# Force on a copper loop entering into a magnetic Field B with speed v

spsch
Homework Statement:
A rectangular copper loop is entering a magnetic field B with speed v. What is the Force against the loop's motion?
B = 0.03 T
diameter of the cooper string is 0.4 mm
and v = 5 m/s

Loops dimensions are length 10cm, width 5cm.
Relevant Equations:
## V= (change in magnetic flux) / (change in time) ## (I'm not sure about the greek letter, is it phi?)
F = ILB
V = IR
Hi, second problem in one evening, I'm sorry!

But I'm also not quite sure if I did this one right.
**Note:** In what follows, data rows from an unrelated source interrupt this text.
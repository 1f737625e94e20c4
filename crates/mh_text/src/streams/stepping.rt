//! Answering the steps of a script.
ghost use Rattle.std.specs.Prelude.{◌≡◌, ◌<◌, ◌≤◌, IfOk, IfErr, OnOk};
ghost use Rattle.mh_network.specs.Selection.{IsLeast, member};
ghost use Rattle.mh_cert.specs.Plans.{Matches};
ghost use Rattle.mh_core.specs.Histories.{records};
ghost use Rattle.mh_core.specs.Legal.{Step as legal_step};
ghost use Rattle.mh_core.specs.Problems.{IsTaken, problem_at};
ghost use Rattle.mh_core.specs.declared.event.Event.TheVariants.{Publish};
ghost use Rattle.mh_base.specs.Limits.{most_workers};
ghost use Rattle.mh_text.specs.Steps.{Answers, IsUnplanned, IsBestFor};
ghost use Rattle.mh_json.specs.declared.json.step.Step.TheVariants.{Plan as ask_plan};

use mh_base::MOST_WORKERS;
use mh_core::{Machine, Refusal, Reply, SharedPlan};
use mh_json::Step;
use mh_network::Problem;
use mh_plan::{OpenGate, plan};
use std::alloc::Global;
use std::thread::Threads;

/// Answers one step.
pub(crate) fn answer<T: Threads + Sync>(
    rt: &T,
    alloc: Global,
    machine: &mut Machine,
    step: Step,
) -> Reply
    ensures step { Answers machine.old.setting machine.old.history step result machine.new.history }
    ensures setting { machine.new.setting ≡ machine.old.setting }
{
    match step {
        Step::Ask(event) => machine.step(event),
        Step::Plan { snapshot } => publish(rt, alloc, machine, snapshot),
    }
}

/// Makes a plan for a snapshot, and publishes it. The problem is made once.
fn publish<T: Threads + Sync>(
    rt: &T,
    alloc: Global,
    machine: &mut Machine,
    snapshot: usize,
) -> Reply
    ensures step { Answers machine.old.setting machine.old.history
        (ask_plan snapshot) result machine.new.history }
    ensures setting { machine.new.setting ≡ machine.old.setting }
{
    match make_plan(rt, alloc, machine, snapshot) {
        Ok(plan) => offer(machine, snapshot, plan),
        Err(refusal) => Reply::Refused(refusal),
    }
}

/// Publishes a plan that matches the problem of a snapshot.
fn offer(machine: &mut Machine, snapshot: usize, plan: SharedPlan) -> Reply
    requires taken { IsTaken (records machine.old.setting.definition machine.old.history) snapshot }
    requires matching { Matches (problem_at machine.old.setting.definition
        (records machine.old.setting.definition machine.old.history) snapshot) plan }
    ensures step { legal_step machine.old.setting machine.old.history (Publish snapshot plan) result
        machine.new.history }
    ensures setting { machine.new.setting ≡ machine.old.setting }
{
    match machine.publish_for(snapshot, plan) {
        Ok(reply) => reply,
        Err(refusal) => Reply::Refused(refusal),
    }
}

/// Returns the best plan for the problem of a snapshot, with the fewest links.
fn make_plan<T: Threads + Sync>(
    rt: &T,
    alloc: Global,
    machine: &Machine,
    snapshot: usize,
) -> Result<SharedPlan, Refusal>
    ensures taken { OnOk result
        (IsTaken (records machine.now.setting.definition machine.now.history) snapshot) }
    ensures best { IfOk result (IsBestFor machine.now.setting machine.now.history snapshot) }
    ensures refused { IfErr result
        (λ told. IsUnplanned machine.now.setting machine.now.history snapshot
        (Reply.Refused told)) }
{
    let problem = machine.book().problem(snapshot)?;
    let workers = (machine.workers() as usize).clamp(1, MOST_WORKERS as usize);
    let plan = best_plan(rt, alloc, &problem, workers)?;
    Ok(plan)
}

/// Returns the best plan of a problem, with the fewest links, made by `workers` workers, 1 to 64.
///
/// Fails only with `NoMemory`, if an allocation is refused.
pub fn best_plan<T: Threads + Sync>(
    rt: &T,
    alloc: Global,
    problem: &Problem,
    workers: usize,
) -> Result<SharedPlan, Refusal>
    requires some { 0 < workers }
    requires few { workers ≤ most_workers }
    ensures matching { IfOk result (λ plan. Matches problem.now plan) }
    ensures least { IfOk result (λ plan. IsLeast problem.now (member plan.links)) }
    ensures refused { IfErr result (λ told. told ≡ Refusal.NoMemory) }
{
    let Ok(plan) = plan(rt, alloc, problem, workers, &OpenGate) else {
        return Err(Refusal::NoMemory);
    };
    SharedPlan::new(alloc, plan).map_err(|_| Refusal::NoMemory)
}
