//! Laws of costs at each scale. The functions compute nothing.

ghost use Rattle.std.specs.Prelude.{ℕ, Bool, true, ◌*◌, ◌≤◌};
ghost use Rattle.mh_network.specs.declared.part.Part.{Part};
ghost use Rattle.mh_network.specs.Limits.{greatest_sum};
ghost use Rattle.mh_network.specs.Problems.{IsProblem, ProblemData, sum_of_costs};
ghost use Rattle.mh_network.specs.Blocks.{BlockJoins, BlocksSolve, BlocksSplit, IsBlock, ScaleBlocksJoin, scaled_block};
ghost use Rattle.mh_network.specs.Factors.{AreSure, IsWithinFactor};
ghost use Rattle.mh_network.specs.Scales.{DearerNest, IsCheaper, IsMostForCost, net_sum, scaled};
ghost use Rattle.mh_network.specs.Selection.{IsBest, IsLeast};

/// Proves that links that are least best if more is asked for their gains are chosen whenever less
/// is asked: so each link has one scale of costs up to which it is chosen (Gallo, Grigoriadis and
/// Tarjan 1989).
pub fn dearer_nest()
    ensures nest { (P : ProblemData) → (Q : ProblemData) → IsCheaper P Q → DearerNest P Q }
    ensures scales { (P : ProblemData) → (k : ℕ) → (m : ℕ) → k ≤ m → DearerNest (scaled P k)
        (scaled P m) }
{}

/// Proves that the least best links at a scale of 1000 thousandths of the costs are those of the
/// problem itself.
pub fn thousand_is_one()
    ensures there { (P : ProblemData) → (S : ℕ → Bool) → IsLeast P S → IsLeast (scaled P 1000) S }
    ensures back { (P : ProblemData) → (S : ℕ → Bool) → IsLeast (scaled P 1000) S → IsLeast P S }
{}

/// Proves that between two scales of costs only the links are undecided that the lower has and the
/// upper has not, and only the points that the upper does not need: the least best links of this
/// block, solved as a problem of its own, are with those of the upper scale the least best links of
/// all. Adjacent blocks determine the scale up to which each link is chosen.
pub fn blocks_join()
    ensures cheaper { (L : ProblemData) → (P : ProblemData) → (H : ProblemData)
        → (low : ℕ → Bool) → (high : ℕ → Bool) → (part : Part) → IsCheaper L P → IsCheaper P H
        → IsBest L low → IsLeast H high → IsBlock P low high part → BlockJoins P high part }
    ensures scales { (P : ProblemData) → ScaleBlocksJoin P }
    ensures solve { (P : ProblemData) → BlocksSolve P }
{}

/// Proves that blocks, beginning with all links that gain and all points, split at the chosen links
/// in between: into those links of the block that are chosen, and the others without the points
/// that those need.
pub fn blocks_split()
    ensures split { (P : ProblemData) → IsProblem P → BlocksSplit P }
{}

/// Proves that a block at a scale is a problem that may be solved, if a thousand times the gains of
/// all links beyond their charges, and all costs at the scale, are within the greatest sum.
pub fn blocks_are_problems()
    ensures problem { (P : ProblemData) → (k : ℕ) → (low : ℕ → Bool) → (high : ℕ → Bool)
        → (part : Part) → IsProblem P → 1000 * net_sum P (λ _. true) ≤ greatest_sum
        → k * sum_of_costs P ≤ greatest_sum → IsBlock P low high part
        → IsProblem (scaled_block P k part) }
{}

/// Proves that, if each gain and each cost may be wrong by a factor of its own, a link is certainly
/// chosen if it is chosen at the scale of both factors, and certainly left out if it is left out
/// when costs are smaller by the same factors.
pub fn factors_are_bounded()
    ensures sure { (g : ℕ) → (f : ℕ) → (P : ProblemData) → (Q : ProblemData)
        → IsWithinFactor g f P Q → AreSure g f P Q }
{}

/// Proves that the links that are best at some scale of costs gain most of all links whose points
/// cost no more (Everett 1963).
pub fn scales_are_budgets()
    ensures most { (P : ProblemData) → (k : ℕ) → (S : ℕ → Bool) → IsBest (scaled P k) S
        → IsMostForCost P S }
{}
I had thought I need lenz's law but there is no current before entering the field so I just use the induced Voltage?
My approach:
## V = \frac {B*A}{t} ##
## IR = \frac {B*A}{t} ## and ## A = v*t (1s) * width (0.05m) ##
so ## I = \frac{B*v*width}{R} ## and ## R = rho* \frac {2v+w}{pi*(0.0004)^2} ##
then ## I = \frac{B*v*width*(pi*(0.0002)^2)}{2v+w} ##
Because ## F = ILB ## I have after canceling some terms:
## F = \frac {B^2*pi*(\frac {d}{2})*width*v}{rho*(2*v+width)} ##

It seems overly complicated? Could someone maybe point to where I went wrong?

Homework Helper
Gold Member
It looks good except for the wire resistance. The resistance of a wire is given by ##R=\dfrac{\rho L}{\pi r^2}##, where ##L## is the length of the wire and ##r## is its radius. What are these two quantities in this case? Specifically, why is the length ##2v+w##? Does the loop perimeter get to be longer when it moves faster? Also, in the last equation for the force you forgot to square ##(\frac{d}{2}).##

spsch, Michael Price and berkeman
spsch
Hi Kuruman! Thank you for helping me on this post as well.

Originally I only had w as L when I first worked on the problem. Because only this section of the wire experiences a net force.
But since the current is induced through all the wire I thought I should use the length that is exposed to the magnetic field.

Should I use the full length of the loop instead? (That kind of makes sense now that I think about it because the current should go through the whole loop, right?)

So then L would be ## 2*width + 2*length ## or 0.3 meters.
R is correct I believe, d/2. And yes, I missed to square it in my post here, thanks for pointing this out too. I wanted to correct but it doesn't let me anymore.